Встреча с зятем после нескольких лет разлуки потрясла Неллу. Как она ему обрадовалась. Ведь она любила Тоника как сына. Но к радости примешивалась и грусть: рядом с Тоником ей все время виделась Елена. За время разлуки не стало двух членов семьи и произошло так много тяжелых событий, что Тоник и Нелла чувствовали: при первой встрече трудно говорить о самом главном. Поэтому они ухватились за мелочи.
— У вас звонок не действует, — сказал Тоник. — Дайте-ка я починю.
— Оставь, не сейчас. Пойди-ка поешь.
Но Тоник положил автомат в передней и пошел проверить пробки. Митя, который хвостом ходил за отцом и рассказывал ему все, что знал о красноармейцах и о восстании, куда-то исчез, и его не стало слышно. Вдруг грянул выстрел. Нелла упала в кресло, у нее подкосились ноги.
Не пострадал ли кто-нибудь? К счастью, никто. Пуля ударила в потолок, оставив там дырочку.

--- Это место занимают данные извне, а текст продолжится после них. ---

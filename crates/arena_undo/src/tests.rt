//! Changes that are made and undone.
ghost use Rattle.std.specs.Prelude.{◌≡◌, [], ◌∷◌, IfOk};
ghost use Rattle.node_arena.specs.Slots.{empty_node};
ghost use Rattle.arena_undo.specs.Worked.{begun};

use crate::Work;
use cube_view::Stat;
use node_arena::{Arena, Link, SlotId};
use std::alloc::Global;
use std::test::Fail;
use texts::NoMemory;

/// Work on an arena of one node.
fn work_on_one_node(alloc: Global) -> Result<Work, NoMemory>
    ensures { IfOk result (λ work. work ≡ begun (empty_node ∷ []) 7) }
{
    let mut arena = Arena::new(alloc);
    arena.add_node()?;
    match Work::begin(alloc, arena, 7) {
        Ok(work) => Ok(work),
        Err(_) => Err(NoMemory),
    }
}

/// One change of each kind, of the node that is there where it can be.
#[tactic(none)]
fn change_by_each_call(work: &mut Work) -> Result<(), NoMemory>
    requires { work.old ≡ begun (empty_node ∷ []) 7 }
{
    let (root, node, table) = (SlotId(0), SlotId(1), SlotId(2));
    work.add_node()?;
    work.add_table()?;
    work.copy_slot(root)?;
    work.put_child(root, 2, Link::proper(node))?;
    work.set_child(root, 2, Link::proper(table));
    work.set_content(root, Some(Link::proper(node)));
    work.table_add_many(table, 5, 5)
}

#[test]
fn undoes_a_change_of_each_kind(rt: HostRuntime) -> Result<(), Fail> {
    let mut work = work_on_one_node(rt.alloc())?;
    change_by_each_call(&mut work)?;
    assert_eq!(rt; work.len(), 4);
    let arena = work.undo();
    let one_node = Stat {
        nodes: 1,
        tables: 0,
        proper: 0,
        shared: 0,
    };
    assert_eq!(rt; arena.stat(), one_node);
    Ok(())
}

#[test]
fn makes_room_for_what_comes(rt: HostRuntime) -> Result<(), Fail> {
    let mut arena = Arena::new(rt.alloc());
    arena.add_node()?;
    let Ok(mut work) = Work::begin(rt.alloc(), arena, 0) else {
        return Ok(());
    };
    work.reserve(1)?;
    work.add_node()?;
    assert_eq!(rt; work.undo().len(), 1);
    Ok(())
}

Скршиванек по привычке оставил автомат на боевом взводе, а Митя не удержался от искушения подержать автомат в руке и рассматривал его так долго и подробно, что тот выстрелил «сам собой». В оправдание Мити надо сказать, что он привык иметь дело с незаряженными ружьями. И вот ему все-таки довелось выстрелить, хоть и после восстания.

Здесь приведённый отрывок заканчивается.